How we are teaching computers to understand pictures

At the beginning of this year, I met a new area of computer science that I fell in love with. The area was deep learning in the field of computer vision. To have a better understanding of this field, I took a course in my university named Introduction to Computer Vision.

Also, I have followed a course taught by Fei-Fei Li named CS231n: Convolutional Neural Networks for Visual Recognition provided by Stanford University online, and I have to admit that it was amazing. This course focuses on deep learning architectures centered particularly on image classification tasks. A detailed syllabus can be found in the links below.

A few days ago, I have encountered a TED Talk by Fei-Fei Li that is an introduction to Computer Vision in which she explains her area of research and her quest in this field. After that, I have decided to highlight some parts of the talk to give insights to the ones who might be interested in Computer Vision research.

In this talk, Fei-Fei Li explains that we have built smart machines but also the fact that these machines are still blind. This is mainly because these machines only see objects as pixels that consist of bunch of numbers that do not represent a meaning. Therefore, these machines have only the ability to see but we also want them to look those objects and see them thoroughly with understanding the meaning that lies behind them.

Fei-Fei Li also mentions that a simple observation changed her way of thinking. She says “By age three, a child would have seen hundreds of millions of pictures of the real world. That’s a lot of training examples. So, instead of focusing solely on better and better algorithms, my insight was to give the algorithms the kind of training data that a child was given through experiences in both quantity and quality.” She indicates that even a cat can be seen in various forms just like in the examples below. Therefore, there is a need for a huge dataset to compose those training examples like a three-year-old had seen.


With the help of this observation, she started ImageNet project together with Professor Kai Li at Princeton University in 2007. After two years, the project delivered a database of 15 million images across 22,000 classes of objects and things organized by everyday English words, and this project contains 62,000 different versions of the cats that we mentioned above.

Now, the computers are able to determine whether a picture contains a cat and tell where the cat is in that picture. Although this is a great achievement, Fei-Fei Li tells that another milestone will be hit and the computers will not only see the picture but also generate sentences by learning both from pictures and natural language. For now, the computers are able to generate human-like sentences but still, we have a long way to go.
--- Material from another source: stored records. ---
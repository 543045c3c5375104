//! The readers of streams may cross threads.
use crate::control_walk::ControlWalk;
use crate::reader::{BiReader, ControlReader, FrameReader, UniReader};
use crate::response_walk::ResponseWalk;
use crate::session_walk::SessionWalk;
use crate::stream_header::{StreamHeader, StreamKind};
use crate::verdict::Verdict;

fn is_send<T: Send>() {}

/// Each reader is `Send`, and so is what it finds: that this compiles is the proof.
pub fn all_are_send() {
    is_send::<UniReader>();
    is_send::<BiReader>();
    is_send::<ControlReader>();
    is_send::<FrameReader<SessionWalk>>();
    is_send::<FrameReader<ResponseWalk>>();
    is_send::<Verdict>();
    is_send::<ControlWalk>();
    is_send::<SessionWalk>();
    is_send::<ResponseWalk>();
    is_send::<StreamHeader>();
    is_send::<StreamKind>();
}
At the end of the talk, Fei-Fei Li mentions that these machines will not only be used for their intelligence. She says that we will collaborate with them in so many ways to build a better world for our children, and tells that this is her quest: to give computers visual intelligence and to create a better future for her son, Leo and for the world.

References

CS231n: Convolutional Neural Networks for Visual Recognition. (n.d.). Retrieved from http://cs231n.stanford.edu/.

Li, F. (n.d.). How we’re teaching computers to understand pictures. Retrieved from ted.com.